§ **DIRECTIONS FOR THIS TASK**
From the records below, please return each line that holds the word "specs".

Saved entries:
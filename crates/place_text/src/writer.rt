// A text to write to: bytes and numbers, one after the other. Bytes past its end are dropped, so it may have any length.
// Not `write!`: `Printed`, which may not change, states each byte for arrays of any length, and std's writers to a slice have no `contents`, so that
// `write!` states no byte there.
ghost use Rattle.std.specs.Prelude.{◌≡◌, [], ◌∷◌, ◌<◌};
ghost use Rattle.place_text.specs.Numerals.{digit as Digit, hex2, hex4, hex8, decimal, signed_decimal};
ghost use Rattle.place_text.specs.Writing.{Wrote};

// The output array, and the index after what is written.
#[derive(Drop)]
pub struct Page<'a> {
    pub text: &'a mut [u8],
    pub at: usize,
}

fn digit(d: u8) -> u8
    requires { d < 16 }
    ensures { result ≡ Digit d }
{
    if d < 10 {
        return b'0' + d;
    }
    b'A' - 10 + d
}

impl<'a> Page<'a> {
    pub fn put(&mut self, byte: u8)
        ensures { Wrote (byte ∷ []) self.old self.new }
    {
        if self.at < self.text.len() {
            self.text[self.at] = byte;
            self.at += 1;
        } else {
            self.at = self.text.len();
        }
    }

    pub fn put_all(&mut self, bytes: &[u8])
        ensures { Wrote bytes.now self.old self.new }
    {
        self.at = self.at.min(self.text.len());
        for byte in bytes {
            self.put(*byte);
        }
    }

    fn put_hex2(&mut self, n: u8)
        ensures { Wrote (hex2 n) self.old self.new }
    {
        self.put(digit(n / 16));
        self.put(digit(n % 16));
    }

    fn put_hex4(&mut self, n: u16)
        ensures { Wrote (hex4 n) self.old self.new }
    {
        self.put_hex2((n / 256) as u8);
        self.put_hex2((n % 256) as u8);
    }

    pub fn put_hex8(&mut self, n: u32)
        ensures { Wrote (hex8 n) self.old self.new }
    {
        self.put_hex4((n / 65536) as u16);
        self.put_hex4((n % 65536) as u16);
    }

    pub fn put_decimal(&mut self, n: u64)
        ensures { Wrote (decimal n) self.old self.new }
    {
        if n < 10 {
            self.put(digit(n as u8));
            return;
        }
        self.put_decimal(n / 10);
        self.put(digit((n % 10) as u8));
    }

    pub fn put_signed(&mut self, z: i32)
        ensures { Wrote (signed_decimal z) self.old self.new }
    {
        let size = u64::from(z.unsigned_abs());
        if z < 0 {
            self.put(b'-');
            self.put_decimal(size);
            return;
        }
        self.put_decimal(size);
    }
}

§ **TASK SOLUTION**
ghost use Rattle.std.specs.Prelude.{◌≡◌, [], ◌∷◌, ◌<◌};
ghost use Rattle.place_text.specs.Numerals.{digit as Digit, hex2, hex4, hex8, decimal, signed_decimal};
ghost use Rattle.place_text.specs.Writing.{Wrote};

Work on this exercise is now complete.